Folly and Landscape, the first exhibition in Scotland by Andy Holden, reflects strands of his practice through recent and new works. The central part of the exhibition focuses on Rockall, a small islet in the North Atlantic that some consider the most remote rock in any of the oceans of the world. As Holden’s exhibition makes clear, this remoteness does not make the rock devoid of information. Bastion of Empire/ Heap of Language/An Exercise in Simultaneity (2013), for example, overlays recorded readings about aspects of Rockall’s geological, political and biological characteristics. As with Robert Smithson’s A Heap of Language (1966) – albeit through cacophonous audio rather than writing – this work makes language impenetrable through accretion.
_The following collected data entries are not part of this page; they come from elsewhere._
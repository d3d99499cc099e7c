//! The functions of uIP that a script can call.

ghost use Rattle.std.specs.Prelude.{◌≡◌};
ghost use Rattle.script_lang.specs.Functions.{function_named, length_at_most};

use crate::calls::Calls;
use crate::same::is_word;

/// A function that a script calls by its name.
/// [add: function] A variant, its name, its greatest length, and whether it takes a capture.
#[derive(Clone, Copy, Debug, PartialEq, Eq)]
pub enum Function {
    /// `file-stats`: the hit count of the file that the argument names.
    FileStats,
    /// `tcp-connections`: a row for each connection.
    TcpConnections,
    /// `net-stats`: the twenty counters.
    NetStats,
    /// `ticks`: the tick count.
    Ticks,
    /// Any other name, or none: an empty text.
    Unknown,
}

/// Returns the function with this name.
#[inline(never)]
pub(crate) fn function_of(name: &[u8]) -> Function
    ensures { result ≡ function_named name.now }
{
    if is_word(name, b"file-stats") {
        Function::FileStats
    } else if is_word(name, b"tcp-connections") {
        Function::TcpConnections
    } else if is_word(name, b"net-stats") {
        Function::NetStats
    } else if is_word(name, b"ticks") {
        Function::Ticks
    } else {
        Function::Unknown
    }
}

/// Returns the greatest length of the function's text, in bytes.
/// [add: counter] The length of the text of all counters: eleven bytes more.
#[inline(always)]
pub fn greatest_len(function: Function) -> usize
    ensures { result ≡ length_at_most function }
{
    match function {
        Function::FileStats | Function::Ticks => 10,
        Function::TcpConnections => 1030,
        Function::NetStats => 220,
        Function::Unknown => 0,
    }
}

impl Calls for Function {
    ghost use Rattle.script_lang.specs.Functions.{uip_calls};

    ghost calling = { uip_calls };

    #[inline(always)]
    fn named(name: &[u8]) -> Function {
        function_of(name)
    }

    #[inline(always)]
    fn takes_capture(self) -> bool {
        match self {
            Function::Unknown => false,
            _ => true,
        }
    }

    #[inline(always)]
    fn greatest_len(self) -> usize {
        greatest_len(self)
    }
}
‘Lack of communicability’ mixes with the knowledge that only a few adventurous people have ever landed on Rockall and evokes Walter Benjamin’s reflections on the decline of storytelling in his ‘The Storyteller’ (1936): ‘The intelligence that came from afar – whether the spatial kind from foreign countries or the temporal kind of tradition – possessed an authority which gave it validity, even when it was not subject to verification. Information, however, lays claim to prompt verifiability.’ Although I don’t see Holden as a storyteller as such, there is a romantic strand to his work that alludes, in an era of rapid access to information, to ‘intelligence from afar’. Layered coloured plaster sculptures, Slices (2013) and the colourful Bastion of Empire paintings (2012) are also included in the Rockall ‘section’. Reading the paintings as commentary on the multiple international claims on the islet would render them as twee as their genre, but reading them as allusions to ‘intelligence from afar’ sees them hold out for something more ethereal and resistant to closure.
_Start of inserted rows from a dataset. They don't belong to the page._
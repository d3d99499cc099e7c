// Lines of Ethernet frames, over a link and a sink in memory, with the items cut in every way.
// [add: line-kind] A file as this one: exchanges through `run`.
use crate::harness::{Session, Trial, both_of, bytes_of, check_bad_words, check_sessions, prefix};
use crate::status::Status;
use std::test::Fail;

pub const ETHER: [&str; 4] = ["ether", "-", "10.0.0.1", "02:00:00:00:00:01"];

// A request of 10.0.0.2 at 02:00:00:00:00:02 for the address of the host, and its reply.
pub const REQUEST: &str = "\
    002A FFFFFFFFFFFF 020000000002 0806 \
    0001 0800 0604 0001 020000000002 0A000002 000000000000 0A000001";

pub const REPLY: &str = "\
    002A 020000000002 020000000001 0806 \
    0001 0800 0604 0002 020000000001 0A000001 020000000002 0A000002";

// An echo request of the same, and the echo reply.
const PING: &str = "\
    002A 020000000001 020000000002 0800 \
    4500001C 00010000 400166DE 0A000002 0A000001 0800F7FD 00010001";

const PONG: &str = "\
    002A 020000000002 020000000001 0800 \
    4500001C 00010000 400166DE 0A000001 0A000002 0000FFFD 00010001";

// The host's request for the address of 10.0.0.2, and its reply.
const QUESTION: &str = "\
    002A FFFFFFFFFFFF 020000000001 0806 \
    0001 0800 0604 0001 020000000001 0A000001 000000000000 0A000002";

const ANSWER: &str = "\
    002A 020000000001 020000000002 0806 \
    0001 0800 0604 0002 020000000002 0A000002 020000000001 0A000001";

// The echo request with 18 bytes after it.
const PADDED_PING: &str = "\
    003C 020000000001 020000000002 0800 \
    4500001C 00010000 400166DE 0A000002 0A000001 0800F7FD 00010001 000000000000000000000000000000000000";

// The request in a frame to another host, and a request for another address.
const FOREIGN_FRAME: &str = "\
    002A 020000000003 020000000002 0806 \
    0001 0800 0604 0001 020000000002 0A000002 000000000000 0A000001";

const FOREIGN_REQUEST: &str = "\
    002A FFFFFFFFFFFF 020000000002 0806 \
    0001 0800 0604 0001 020000000002 0A000002 000000000000 0A000009";

// A frame of 13 bytes.
const RUNT: &str = "000D 020000000001 020000000002 08";

// The request without its last byte.
const CUT_REQUEST: &str = "\
    002A FFFFFFFFFFFF 020000000002 0806 \
    0001 0800 0604 0001 020000000002 0A000002 000000000000 0A0000";

#[test]
fn answers_frames(rt: HostRuntime) -> Result<(), Fail> {
    let sessions: [Session; 10] = [
        (&[REQUEST], &[REPLY]),
        (&[PING], &[QUESTION]),
        (&[REQUEST, PING], &[REPLY, PONG]),
        (&[ANSWER, PADDED_PING], &[PONG]),
        (&[FOREIGN_FRAME, PING], &[QUESTION]),
        (&[FOREIGN_REQUEST, PING], &[QUESTION]),
        (&[RUNT, REQUEST], &[REPLY]),
        (&["0000", REQUEST], &[REPLY]),
        (&[CUT_REQUEST], &[""]),
        (&[RUNT], &[""]),
    ];
    check_sessions(&rt, rt.alloc(), &ETHER, &sessions)
}

#[test]
fn drops_a_long_frame(rt: HostRuntime) -> Result<(), Fail> {
    let alloc = rt.alloc();
    let mut input = [5, 0xEB].to_vec(alloc)?;
    input.extend_from_slice(&[2; 1515])?;
    let cut = input.clone()?;
    input.extend_from_slice(&bytes_of(alloc, &[REQUEST])?)?;
    let reply = bytes_of(alloc, &[REPLY])?;
    Trial::new(&ETHER, &input, &reply).check_cuts(&rt, alloc)?;
    Trial::new(&ETHER, prefix(&cut, 1000), &[]).check(&rt, alloc, 4096)
}

#[test]
fn counts_all_bytes(rt: HostRuntime) -> Result<(), Fail> {
    let alloc = rt.alloc();
    let (asked, known) = both_of(alloc, &[REQUEST, PING], &[REPLY, PONG])?;
    // Each byte is a tick: after 2400 more the address is forgotten.
    let request = bytes_of(alloc, &[REQUEST])?;
    let mut later = request.clone()?;
    later.extend_from_slice(&[0; 2400])?;
    later.extend_from_slice(&bytes_of(alloc, &[PING])?)?;
    let forgotten = bytes_of(alloc, &[REPLY, QUESTION])?;
    let words = ["ether", "-", "10.0.0.1", "02:00:00:00:00:01", "pace", "1"];
    Trial::new(&words, &asked, &known).check(&rt, alloc, 4096)?;
    Trial::new(&words, &later, &forgotten).check(&rt, alloc, 4096)?;
    let words = ["ether", "-", "10.0.0.1", "02:00:00:00:00:01", "items", "43"];
    Trial::new(&words, &request, &[])
        .ending(Status::Budget)
        .check(&rt, alloc, 4096)
}

#[test]
fn knows_its_words(rt: HostRuntime) -> Result<(), Fail> {
    let alloc = rt.alloc();
    let bad: [&[&str]; 7] = [
        &["ether", "-", "10.0.0.1"],
        &["ether", "-", "10.0.0.256", "02:00:00:00:00:01"],
        &["ether", "-", "10.0.0.1", "02:00:00:00:00"],
        &["ether", "-", "10.0.0.1", "02-00-00-00-00-01"],
        &["ether", "-", "10.0.0.1", "02:00:00:00:00:0G"],
        &["ether", "-", "10.0.0.1", "2:0:0:0:0:1"],
        &[
            "ether",
            "-",
            "10.0.0.1",
            "02:00:00:00:00:01",
            "tty",
            "pace",
            "1",
        ],
    ];
    check_bad_words(&rt, alloc, REQUEST, &bad)?;
    let upper = ["ether", "-", "10.0.0.1", "02:00:00:00:00:01", "tty"];
    check_sessions(&rt, alloc, &upper, &[(&[REQUEST], &[REPLY])])
}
Studies for Boulder in Landscape (2009–12) is a series of kitsch landscape paintings with the buoyant, giant ‘boulders’ painted in. Hung so as to face out into the street, they play against commercial galleries selling populist images: they are whimsical but little more. Boulder Films (2008–11), on the other hand, do succeed in doing more to ignite Holden’s original sculptural work, large, relatively rough-hewn wooden orbs planted in some innocuous rural or urban setting. The films, shot with a handheld camera, feature shaky car drives out to the ‘boulders’, the background roar of wind, enthusiastic zooms and occasional scenes of people having fires or raving in the street in front of the somewhat incongruous objects. The pacing is slow in places and there is occasional musical accompaniment leading to more reflective engagement. And this conspires to give the work time to grow in the imagination, to take on a kind of mythical, distant weight. With this you catch sight of an interesting thread. But Folly and Landscape (which also includes a lecture by the artist with his father, renowned ornithologist Peter Holden, about nestmaking) ultimately presents too many avenues that don’t quite come together.